Hanging the Linux core dump pipe helper

phaker · on April 30, 2018

In re the 'and nothing improves' sentiment at the end: there _is_ a safety limit and it's even documented in dump(5):

/proc/sys/kernel/core_pipe_limit

When collecting core dumps via a pipe to a user-space program, it can be useful for the collecting program to gather data about the crashing process from that process's /proc/[pid] directory. In order to do this safely, the kernel must wait for the program collecting the core dump to exit, so as not to remove the crashing process's /proc/[pid] files prematurely. This in turn creates the possibility that a misbehaving collecting program can block the reaping of a crashed process by simply never exiting.

Since Linux 2.6.32, the /proc/sys/kernel/core_pipe_limit can be used to defend against this possibility. The value in this file defines how many concurrent crashing processes may be piped to user-space programs in parallel. If this value is exceeded, then those crashing processes above this value are noted in the kernel log and their core dumps are skipped.

A value of 0 in this file is special. It indicates that unlimited processes may be captured in parallel, but that no waiting will take place (i.e., the collecting program is not guaranteed access to /proc/<crashing-PID>). The default value for this file is 0.

(edit: in case if that came off as curt i didn't intend it to, i do agree that far too many things suck because "it's documented in a defunct mailing list somewhere and if you don't know it's your own fault")

kanox · on April 30, 2018

This is also documented in "Documentation/kernel/sysctl.c". Looking through history it seems it was added at the same time as the feature.

Situations where people complain about "insufficient documentation" while not bothering to read it are very common and somewhat demoralizing for the people who take the time to write such explanations.

digi_owl · on April 30, 2018

I find more often than not that the kernel people are reasonably good with documentation. User space on the other hand seems to treat documentation either like a chore best avoided, or something to bludgeon people with when and API is mangled between releases.

monocasa · on April 30, 2018

Kernel space has the benefit of a very clear public/private boundary. The kernel internals have much worse docs than user space once you get over that wall.

jwilk · on April 30, 2018

"no waiting will take place" confused me for a moment.

I guess what they meant that the kernel doesn't wait for the crash handler to exit, but of course it does wait for it to read the crash dump from stdin.

mst · on April 30, 2018

Certain types of script really really really should always start with

    alarm 10

or similar.
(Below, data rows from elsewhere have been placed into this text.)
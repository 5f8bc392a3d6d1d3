//! The systems of the examples, and what is told of them.
use crate::running::{BEFORE, carried_out, carried_out_over};
use std::test::Fail;

/// A system as it is shown: with a mistake, the plan that shows it, and the mended services.
struct Example {
    services: &'static [u8],
    mended: &'static [u8],
    test: &'static [u8],
    faults: &'static [u8],
    /// What the campaign over the services tells.
    found: &'static str,
    replay: &'static [&'static str],
    run: &'static str,
    /// What the campaign over the mended services tells.
    passed: &'static str,
    /// What the check of its report tells.
    checked: &'static str,
}

const EXAMPLES: &[Example] = &[
    Example {
        services: RETRIES,
        mended: RETRIES_MENDED,
        test: RETRIES_TEST,
        faults: RETRIES_FAULTS,
        found: "completed plans 6 run 6 pruned 0 failed 2 invs 8\nfirst failed plan 2\n",
        replay: &["--plan", "1.1/1.1=unavailable"],
        run: r#"1.1 checkout.pay err unavailable
1.1/1.1 bank.charge fault unavailable
outcome call_failed 1 unavailable
"#,
        passed: "completed plans 11 run 11 pruned 0 failed 0 invs 13\n",
        checked: "yes plans 11 run 11 pruned 0 failed 0 invs 13\n",
    },
    Example {
        services: FAN_OUT,
        mended: FAN_OUT_MENDED,
        test: FAN_OUT_TEST,
        faults: FAN_OUT_FAULTS,
        found: "completed plans 8 run 8 pruned 0 failed 1 invs 11\nfirst failed plan 1\n",
        replay: &["--plan", "1.1/1.1=timeout"],
        run: r#"1.1 search.find ok [3,1]
1.1/1.1 books.count fault timeout
1.1/2.1 films.count ok 2
1.1/3.1 songs.count ok 1
outcome assert_failed 1
"#,
        passed: "completed plans 8 run 8 pruned 0 failed 0 invs 11\n",
        checked: "yes plans 8 run 8 pruned 0 failed 0 invs 11\n",
    },
    Example {
        services: CACHE,
        mended: CACHE_MENDED,
        test: CACHE_TEST,
        faults: CACHE_FAULTS,
        found: "completed plans 6 run 6 pruned 0 failed 1 invs 9\nfirst failed plan 2\n",
        replay: &["--plan", "1.1/1.1=ok:x"],
        run: r#"1.1 api.user ok ""
1.1/1.1 cache.get fault ok ""
outcome assert_failed 1
"#,
        passed: "completed plans 7 run 7 pruned 0 failed 0 invs 10\n",
        checked: "yes plans 7 run 7 pruned 0 failed 0 invs 10\n",
    },
];

const CAMPAIGN: &[&str] = &[
    "test",
    "--services",
    "s.fb",
    "--test",
    "t.fb",
    "--faults",
    "f.toml",
    "--report",
    "r.jsonl",
];

const CHECK: &[&str] = &[
    "check",
    "--services",
    "s.fb",
    "--test",
    "t.fb",
    "--faults",
    "f.toml",
    "--report",
    "r.jsonl",
];

const REPLAY: &[&str] = &["replay", "--services", "s.fb", "--test", "t.fb"];

#[test]
fn examples_show_their_mistakes(rt: HostRuntime) -> Result<(), Fail> {
    for example in EXAMPLES {
        let sources = [example.services, example.test, example.faults];
        let done = carried_out(rt.alloc(), &[CAMPAIGN], &sources, &[], false)?;
        assert!(rt; done.tells(1, example.found), "{}", example.found);
        let done = carried_out(rt.alloc(), &[REPLAY, example.replay], &sources, &[], false)?;
        assert!(rt;
            done.tells(1, example.run) && done.leaves(&[BEFORE]),
            "{}",
            example.run
        );
    }
    Ok(())
}

#[test]
fn mended_examples_pass(rt: HostRuntime) -> Result<(), Fail> {
    for example in EXAMPLES {
        let sources = [example.mended, example.test, example.faults];
        let done = carried_out(rt.alloc(), &[CAMPAIGN], &sources, &[], false)?;
        assert!(rt; done.tells(0, example.passed), "{}", example.passed);
        let done = carried_out_over(rt.alloc(), &[CHECK], &sources, &[done.report()], &[], false)?;
        assert!(rt; done.tells(0, example.checked), "{}", example.checked);
    }
    Ok(())
}

// ---- the files of examples/

const RETRIES: &[u8] = br#"service checkout {
  method pay(order: int) -> text {
    let receipt = "";
    repeat 2 {
      let done = true;
      call receipt = bank.charge(order) on timeout {
        done = false;
      }
      if done {
        return receipt;
      }
    }
    call receipt = billing.invoice(order) on any {
      fail unpaid;
    }
    return receipt;
  }
}
service bank {
  method charge(order: int) -> text {
    return "charged";
  }
}
service billing {
  method invoice(order: int) -> text {
    return "invoiced";
  }
}
"#;

const RETRIES_MENDED: &[u8] = br#"service checkout {
  method pay(order: int) -> text {
    let receipt = "";
    repeat 2 {
      let done = true;
      call receipt = bank.charge(order) on any {
        done = false;
      }
      if done {
        return receipt;
      }
    }
    call receipt = billing.invoice(order) on any {
      fail unpaid;
    }
    return receipt;
  }
}
service bank {
  method charge(order: int) -> text {
    return "charged";
  }
}
service billing {
  method invoice(order: int) -> text {
    return "invoiced";
  }
}
"#;

const RETRIES_TEST: &[u8] = br#"test pay {
  let receipt = "";
  call receipt = checkout.pay(7) on unpaid {
    receipt = "unpaid";
  }
  assert receipt == "charged" or receipt == "invoiced" or receipt == "unpaid";
}
"#;

const RETRIES_FAULTS: &[u8] = br#"[[fault]]
callee = "bank"
codes = ["timeout", "unavailable"]

[[fault]]
callee = "billing"
codes = ["timeout"]
"#;

const FAN_OUT: &[u8] = br#"service search {
  method find(words: text) -> list<int> {
    let hits = 0;
    let found = 0;
    let whole = 1;
    call found = books.count(words) on any {
      found = 0;
    }
    hits = hits + found;
    call found = films.count(words) on any {
      found = 0;
      whole = 0;
    }
    hits = hits + found;
    call found = songs.count(words) on any {
      found = 0;
      whole = 0;
    }
    hits = hits + found;
    return list<int>[hits, whole];
  }
}
service books {
  method count(words: text) -> int {
    return 3;
  }
}
service films {
  method count(words: text) -> int {
    return 2;
  }
}
service songs {
  method count(words: text) -> int {
    return 1;
  }
}
"#;

const FAN_OUT_MENDED: &[u8] = br#"service search {
  method find(words: text) -> list<int> {
    let hits = 0;
    let found = 0;
    let whole = 1;
    call found = books.count(words) on any {
      found = 0;
      whole = 0;
    }
    hits = hits + found;
    call found = films.count(words) on any {
      found = 0;
      whole = 0;
    }
    hits = hits + found;
    call found = songs.count(words) on any {
      found = 0;
      whole = 0;
    }
    hits = hits + found;
    return list<int>[hits, whole];
  }
}
service books {
  method count(words: text) -> int {
    return 3;
  }
}
service films {
  method count(words: text) -> int {
    return 2;
  }
}
service songs {
  method count(words: text) -> int {
    return 1;
  }
}
"#;

const FAN_OUT_TEST: &[u8] = br#"test find {
  let page = list<int>[];
  call page = search.find("cats");
  assert page[0] == 6 or page[1] == 0;
}
"#;

const FAN_OUT_FAULTS: &[u8] = br#"[[fault]]
callee = "books"
codes = ["timeout"]

[[fault]]
callee = "films"
codes = ["timeout"]

[[fault]]
callee = "songs"
codes = ["timeout"]
"#;

const CACHE: &[u8] = br#"service api {
  method user(id: int) -> text {
    let name = "";
    call name = cache.get(id) on any {
      call name = store.get(id);
    }
    return name;
  }
}
service cache {
  method get(id: int) -> text {
    let name = "";
    call name = store.get(id);
    return name;
  }
}
service store {
  method get(id: int) -> text {
    return "Ada";
  }
}
"#;

const CACHE_MENDED: &[u8] = br#"service api {
  method user(id: int) -> text {
    let name = "";
    call name = cache.get(id) on any {
      call name = store.get(id);
    }
    if name == "" {
      call name = store.get(id);
    }
    return name;
  }
}
service cache {
  method get(id: int) -> text {
    let name = "";
    call name = store.get(id);
    return name;
  }
}
service store {
  method get(id: int) -> text {
    return "Ada";
  }
}
"#;

const CACHE_TEST: &[u8] = br#"test user {
  let name = "";
  call name = api.user(1) on any {
    name = "no answer";
  }
  assert name == "Ada" or name == "no answer";
}
"#;

const CACHE_FAULTS: &[u8] = br#"version = 2

[[fault]]
callee = "cache"
codes = ["timeout"]
values = [""]

[[fault]]
callee = "store"
codes = ["unavailable"]
"#;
This has saved me from myself way too many times.

cpach · on April 30, 2018

What does that do?

rambojazz · on May 1, 2018

It's a way to send a SIGALRM signal to your running process [1] using the alarm() syscall. You can also catch the signal [2] and act upon. For example it's used by "timeout" [3].

[1] https://dokk.org/manpages/alarm.2#DESCRIPTION [2] https://dokk.org/manpages/sigaction.2#DESCRIPTION [3] https://git.savannah.gnu.org/cgit/coreutils.git/tree/src/tim...

jey · on April 30, 2018

Probably sends a SIGALRM signal in 10 seconds.

https://linux.die.net/man/2/alarm

mst · on April 30, 2018

Which, if you haven't taken precautions to make it otherwise, will shoot your process in the head.

"Dear operating system, please shoot me in the head in ten seconds if I haven't already finished" is a really useful thing to ask for sometimes.

amelius · on April 30, 2018

Can't you just make core-files land on a FUSE-mounted filesystem, and from there decide if you want to keep the file?

ahefner · on April 30, 2018

That only moves the point of failure from one userspace process to another. The FUSE handler can hang just like the core dump pipe helper.

zbentley · on April 30, 2018

Presumably you'd then just have to worry about memory consumption. You could send them to /dev/shm as well, but if there isn't anywhere to put them, there will still be problems.